*DIRECTIONS*. Provide the count of lines below where "TakesPart" occurs, with no other output.

(Records from a data source)
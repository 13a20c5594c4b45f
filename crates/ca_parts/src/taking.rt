//! Parts that are taken from the cells of a plane, one after another.

ghost use Rattle.std.specs.Prelude.{◌<◌, length, slice_index_or, OnOk, IfOk};
ghost use Rattle.std.specs.List.{All, HoldsAt};
ghost use Rattle.ca_plane.specs.Prelude.{IsInPlane};
ghost use Rattle.ca_parts.specs.inner.Rows.{IsRising};
ghost use Rattle.ca_parts.specs.inner.Taking.{IsDarkBefore, IsInRoom, IsInStretch, IsLiveAt, IsNear};
ghost use Rattle.ca_parts.specs.inner.Taking.{TakesAll, TakesCell, TakesPart, TakesReached};

use crate::rows::first_from;
use ca_plane::{Memory, Plane, Point};
use std::alloc::Global;

/// Takes the cell at the place, and all that is reached from there by steps of at most `reach` in both
/// directions, over live cells. All cells before it have to be taken already.
pub(crate) fn take_part(
    alloc: Global,
    left: &mut Vec<(Point, u8)>,
    place: usize,
    at: Point,
    reach: u8,
) -> Result<Plane, Memory>
    requires rising { IsRising left.old.items }
    requires near { All (λ e. IsInPlane e.0) left.old.items }
    requires within { place < length left.old.items }
    requires live { HoldsAt (IsLiveAt at) left.old.items place }
    requires first { IsDarkBefore left.old.items place }
    ensures { IfOk result (TakesPart reach at left.old.items left.new.items) }
{
    let taken = take_reached(alloc, left, place, at, reach)?;
    Plane::from_cells(alloc, taken)
}

// Takes the cell at the place, and what is reached from there.
fn take_reached(
    alloc: Global,
    left: &mut Vec<(Point, u8)>,
    place: usize,
    at: Point,
    reach: u8,
) -> Result<Vec<(Point, u8)>, Memory>
    requires rising { IsRising left.old.items }
    requires near { All (λ e. IsInPlane e.0) left.old.items }
    requires within { place < length left.old.items }
    requires live { HoldsAt (IsLiveAt at) left.old.items place }
    ensures reached { IfOk result (λ v. TakesReached reach at left.old.items left.new.items v.items) }
    ensures near { IfOk result (λ v. All (λ e. IsInPlane e.0) v.items) }
{
    let mut taken = Vec::new(alloc);
    take(left, &mut taken, place)?;
    let mut next = 0;
    'steps: while next < taken.len() {
        let (near, _) = taken[next];
        take_near(left, &mut taken, near, reach)?;
        next += 1;
    }
    Ok(taken)
}

// Takes the cells within reach of the point.
fn take_near(
    left: &mut Vec<(Point, u8)>,
    taken: &mut Vec<(Point, u8)>,
    at: Point,
    reach: u8,
) -> Result<(), Memory>
    requires rising { IsRising left.old.items }
    ensures { OnOk result (TakesAll (IsNear reach at)
        left.old.items taken.old.items left.new.items taken.new.items) }
{
    let (x, y, distance) = (i128::from(at.x), i128::from(at.y), i128::from(reach));
    'rows: for row in y - distance..y + distance + 1 {
        take_stretch(left, taken, x - distance, x + distance, row)?;
    }
    Ok(())
}

// Takes the cells of a row from one column to another, both included.
fn take_stretch(
    left: &mut Vec<(Point, u8)>,
    taken: &mut Vec<(Point, u8)>,
    west: i128,
    east: i128,
    row: i128,
) -> Result<(), Memory>
    requires rising { IsRising left.old.items }
    requires room { IsInRoom east }
    ensures { OnOk result (TakesAll (IsInStretch west east row)
        left.old.items taken.old.items left.new.items taken.new.items) }
{
    let first = first_from(left.as_slice(), west, row);
    let end = first_from(left.as_slice(), east + 1, row);
    'cells: for place in first..end {
        take(left, taken, place)?;
    }
    Ok(())
}

// Takes the cell at the place, where it isn't 0.
fn take(
    left: &mut Vec<(Point, u8)>,
    taken: &mut Vec<(Point, u8)>,
    place: usize,
) -> Result<(), Memory>
    requires { place < length left.old.items }
    ensures { OnOk result (HoldsAt
        (TakesCell place left.old.items taken.old.items left.new.items taken.new.items)
        left.old.items place) }
{
    let (at, state) = left[place];
    if state == 0 {
        return Ok(());
    }
    taken.push((at, state))?;
    left[place] = (at, 0);
    Ok(())
}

*SOLUTION FOR THIS PROBLEM*. 2